Records shown Block Start
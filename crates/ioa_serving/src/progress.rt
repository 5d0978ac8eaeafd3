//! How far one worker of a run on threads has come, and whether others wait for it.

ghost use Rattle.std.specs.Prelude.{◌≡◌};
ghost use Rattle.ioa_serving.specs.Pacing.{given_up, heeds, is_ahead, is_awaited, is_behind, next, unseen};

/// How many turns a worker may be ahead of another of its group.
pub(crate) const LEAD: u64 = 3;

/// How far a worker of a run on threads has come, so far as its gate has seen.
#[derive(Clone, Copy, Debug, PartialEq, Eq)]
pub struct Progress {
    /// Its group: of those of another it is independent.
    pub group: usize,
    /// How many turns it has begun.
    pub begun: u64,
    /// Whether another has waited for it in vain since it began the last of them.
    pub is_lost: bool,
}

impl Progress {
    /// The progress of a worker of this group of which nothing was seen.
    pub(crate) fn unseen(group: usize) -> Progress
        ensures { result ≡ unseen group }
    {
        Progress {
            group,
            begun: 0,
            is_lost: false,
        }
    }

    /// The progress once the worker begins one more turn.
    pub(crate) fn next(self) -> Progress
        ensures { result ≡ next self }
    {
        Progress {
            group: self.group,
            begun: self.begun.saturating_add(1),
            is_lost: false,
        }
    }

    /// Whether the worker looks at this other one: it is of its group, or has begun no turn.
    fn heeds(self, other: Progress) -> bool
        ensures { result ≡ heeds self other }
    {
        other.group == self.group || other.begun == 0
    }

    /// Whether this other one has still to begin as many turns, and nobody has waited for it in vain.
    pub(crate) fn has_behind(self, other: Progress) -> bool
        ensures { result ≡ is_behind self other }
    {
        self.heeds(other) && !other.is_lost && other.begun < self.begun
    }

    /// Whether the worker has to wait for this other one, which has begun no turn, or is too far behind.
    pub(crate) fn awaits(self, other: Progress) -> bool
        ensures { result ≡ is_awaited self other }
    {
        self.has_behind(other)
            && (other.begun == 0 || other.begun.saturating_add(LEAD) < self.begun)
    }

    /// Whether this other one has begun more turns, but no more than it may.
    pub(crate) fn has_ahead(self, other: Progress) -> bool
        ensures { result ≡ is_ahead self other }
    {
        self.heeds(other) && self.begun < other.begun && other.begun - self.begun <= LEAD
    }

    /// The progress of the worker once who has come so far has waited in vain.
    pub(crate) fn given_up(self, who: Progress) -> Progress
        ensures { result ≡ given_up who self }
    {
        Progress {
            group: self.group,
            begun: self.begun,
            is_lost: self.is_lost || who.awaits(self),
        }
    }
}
Records shown Block End
Records shown Block Start
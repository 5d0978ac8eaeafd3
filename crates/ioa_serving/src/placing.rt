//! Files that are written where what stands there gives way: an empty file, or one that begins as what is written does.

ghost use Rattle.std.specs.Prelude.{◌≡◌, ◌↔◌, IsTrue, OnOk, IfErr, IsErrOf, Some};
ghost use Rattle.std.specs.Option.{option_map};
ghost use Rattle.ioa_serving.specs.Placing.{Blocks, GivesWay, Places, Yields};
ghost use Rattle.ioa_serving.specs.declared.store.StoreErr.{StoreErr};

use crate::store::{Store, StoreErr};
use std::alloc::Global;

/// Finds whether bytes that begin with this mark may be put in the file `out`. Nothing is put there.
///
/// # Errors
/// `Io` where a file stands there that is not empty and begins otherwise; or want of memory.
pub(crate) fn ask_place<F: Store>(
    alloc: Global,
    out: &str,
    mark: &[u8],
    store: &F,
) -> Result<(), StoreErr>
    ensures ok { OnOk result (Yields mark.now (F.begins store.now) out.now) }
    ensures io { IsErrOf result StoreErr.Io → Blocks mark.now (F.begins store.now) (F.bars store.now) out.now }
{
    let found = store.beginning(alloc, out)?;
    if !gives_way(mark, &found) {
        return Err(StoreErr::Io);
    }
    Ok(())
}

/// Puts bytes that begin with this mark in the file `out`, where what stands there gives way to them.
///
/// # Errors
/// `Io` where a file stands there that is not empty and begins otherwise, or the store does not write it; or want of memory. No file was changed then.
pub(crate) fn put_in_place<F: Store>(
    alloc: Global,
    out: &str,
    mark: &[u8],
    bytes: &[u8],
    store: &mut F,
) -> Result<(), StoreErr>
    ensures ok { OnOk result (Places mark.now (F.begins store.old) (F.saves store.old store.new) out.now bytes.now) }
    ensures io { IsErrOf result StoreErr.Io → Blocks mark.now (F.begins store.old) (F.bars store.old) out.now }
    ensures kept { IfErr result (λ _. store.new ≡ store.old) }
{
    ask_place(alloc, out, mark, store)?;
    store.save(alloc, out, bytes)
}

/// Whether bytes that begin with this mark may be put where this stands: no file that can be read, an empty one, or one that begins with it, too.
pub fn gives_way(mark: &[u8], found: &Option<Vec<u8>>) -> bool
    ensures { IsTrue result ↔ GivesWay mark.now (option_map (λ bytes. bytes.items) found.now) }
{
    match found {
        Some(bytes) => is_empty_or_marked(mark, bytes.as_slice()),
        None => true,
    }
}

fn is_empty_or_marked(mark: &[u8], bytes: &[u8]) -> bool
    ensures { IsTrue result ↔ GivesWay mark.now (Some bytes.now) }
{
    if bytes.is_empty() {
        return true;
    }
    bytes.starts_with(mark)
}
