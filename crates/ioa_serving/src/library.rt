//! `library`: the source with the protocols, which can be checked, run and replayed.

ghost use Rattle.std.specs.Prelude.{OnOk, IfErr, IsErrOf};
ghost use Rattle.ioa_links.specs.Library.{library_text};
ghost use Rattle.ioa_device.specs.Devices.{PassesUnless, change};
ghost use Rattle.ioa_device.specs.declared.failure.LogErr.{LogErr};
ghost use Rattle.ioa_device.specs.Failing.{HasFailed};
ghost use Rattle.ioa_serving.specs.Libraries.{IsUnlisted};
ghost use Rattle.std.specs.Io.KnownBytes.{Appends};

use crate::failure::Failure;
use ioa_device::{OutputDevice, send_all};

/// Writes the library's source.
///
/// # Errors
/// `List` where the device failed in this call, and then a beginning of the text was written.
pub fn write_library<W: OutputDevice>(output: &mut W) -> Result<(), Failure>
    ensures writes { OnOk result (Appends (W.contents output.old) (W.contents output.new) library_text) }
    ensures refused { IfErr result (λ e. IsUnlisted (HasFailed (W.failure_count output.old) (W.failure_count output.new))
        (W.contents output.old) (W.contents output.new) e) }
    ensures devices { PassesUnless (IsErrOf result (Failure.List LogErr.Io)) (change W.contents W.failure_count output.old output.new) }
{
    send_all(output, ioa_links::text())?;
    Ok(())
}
Records shown Block End
Records shown Block Start
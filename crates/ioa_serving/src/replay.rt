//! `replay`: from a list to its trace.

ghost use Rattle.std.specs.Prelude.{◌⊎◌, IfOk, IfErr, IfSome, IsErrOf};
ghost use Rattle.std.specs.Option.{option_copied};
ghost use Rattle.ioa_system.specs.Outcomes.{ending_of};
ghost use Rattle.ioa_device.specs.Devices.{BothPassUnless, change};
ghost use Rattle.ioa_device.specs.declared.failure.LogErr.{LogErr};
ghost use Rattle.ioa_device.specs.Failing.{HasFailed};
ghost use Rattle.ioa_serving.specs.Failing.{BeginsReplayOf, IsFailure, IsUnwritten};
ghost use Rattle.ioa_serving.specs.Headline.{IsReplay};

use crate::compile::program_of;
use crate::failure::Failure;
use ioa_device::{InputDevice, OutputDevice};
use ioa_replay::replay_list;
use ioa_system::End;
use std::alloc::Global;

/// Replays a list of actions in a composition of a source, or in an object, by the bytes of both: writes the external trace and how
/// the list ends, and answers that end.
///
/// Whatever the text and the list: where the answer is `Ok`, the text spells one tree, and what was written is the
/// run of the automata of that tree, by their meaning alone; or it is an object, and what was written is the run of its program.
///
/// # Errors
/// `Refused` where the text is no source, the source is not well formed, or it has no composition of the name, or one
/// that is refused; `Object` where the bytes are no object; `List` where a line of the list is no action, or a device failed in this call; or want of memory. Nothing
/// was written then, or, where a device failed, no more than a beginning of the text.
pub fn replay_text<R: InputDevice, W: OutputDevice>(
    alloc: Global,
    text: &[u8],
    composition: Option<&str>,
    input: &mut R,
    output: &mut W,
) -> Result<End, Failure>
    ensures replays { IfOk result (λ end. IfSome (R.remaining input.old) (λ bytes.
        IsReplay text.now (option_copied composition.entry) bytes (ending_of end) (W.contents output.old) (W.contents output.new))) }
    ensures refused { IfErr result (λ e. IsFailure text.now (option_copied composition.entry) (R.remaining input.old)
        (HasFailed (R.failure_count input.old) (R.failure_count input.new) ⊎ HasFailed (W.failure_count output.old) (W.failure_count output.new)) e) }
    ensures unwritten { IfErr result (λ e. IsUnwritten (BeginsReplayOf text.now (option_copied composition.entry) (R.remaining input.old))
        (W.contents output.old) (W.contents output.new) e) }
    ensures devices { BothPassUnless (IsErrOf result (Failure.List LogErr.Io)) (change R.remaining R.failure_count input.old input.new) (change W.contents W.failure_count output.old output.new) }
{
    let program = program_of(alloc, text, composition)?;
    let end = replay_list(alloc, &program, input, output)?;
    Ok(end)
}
Records shown Block End
▶ [Work order] Your answer should be the lines of the material above that include "what".

▶ [Answer for this exercise]
//! Files that are written where what stands there gives way: an empty file, or one that begins as what is written does.
/// Puts bytes that begin with this mark in the file `out`, where what stands there gives way to them.
/// Whatever the text and the list: where the answer is `Ok`, the text spells one tree, and what was written is the
/// run of the automata of that tree, by their meaning alone; or it is an object, and what was written is the run of its program.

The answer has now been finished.